The news overall has been poorly received. Retail sales were up a little, but widely missed consensus estimates (.2% vs .6% previous and .5% consensus). Best Buy (NYSE:BBY) missed estimates again ($.47 vs $.51 estimated). This is the season when you'd expect Same Store Sales to be positive but they were down (-.1%). Nevertheless, markets shrugged this off early on hopes that the Bernank would deliver the goods with more QE--which didn't happen, and everything negative.
So what we have now is little confidence in Europe and an obvious pattern of a developing recession. The slowdown in China is becoming clearer; Brazil GDP is also moving rapidly lower; India reported its first industrial output decline in 2 years after 13 straight interest rate increases, and so it goes.
Earnings warnings are becoming more ubiquitous and will challenge forward-looking PE estimates, not to mention stock prices.
The problem we face with low interest rates presently is they're killingseniors and savers and haven't helped the housing market one bit. A high supply of bank owned inventory sits without resolution but needs large bulk sales. It sounds cruel, but letting it fester does more damage overall. Announcing that interest rates will stay low for another two years doesn't stimulate potential home buyers to act. They figure time is on their side and prices keep falling, so why do anything? Further, corporations are hording cash and find it more rewarding (at least for those with stock options) to buy back shares rather than payout dividends or make useful investments beyond buying up the competition.
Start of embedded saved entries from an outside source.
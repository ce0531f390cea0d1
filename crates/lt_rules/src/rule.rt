//! A transfer rule, as data.
use lt_expressions::Rel;
use lt_hol::{List, Name, Term, Tys};
use lt_relations::{RelationVariable, Sides};

/// A transfer rule: for all relations at its variables with these side conditions, its relation
/// holds between its raw side, where the variables are free, and its constant at its pattern.
#[derive(Debug, Drop)]
pub struct TransferRule {
    pub label: Name,
    pub vars: List<RelationVariable>,
    pub sides: Sides,
    pub rel: Rel,
    pub raw: Term,
    pub constant: Name,
    pub pattern: Tys,
}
The bottom line Tuesday is stocks were sold hard after bulls had a chance to digest the non-news from the Fed. The Bulls launched a programmed "stick save" on the DJIA at the 200 day moving average, but no other index could match that. Gold continued to fall as the dollar rose and bond prices were strong.
And the beat goes on...
Volume increased substantially on Tuesday especially after the Fed announcement. Breadth per the WSJ remains negative.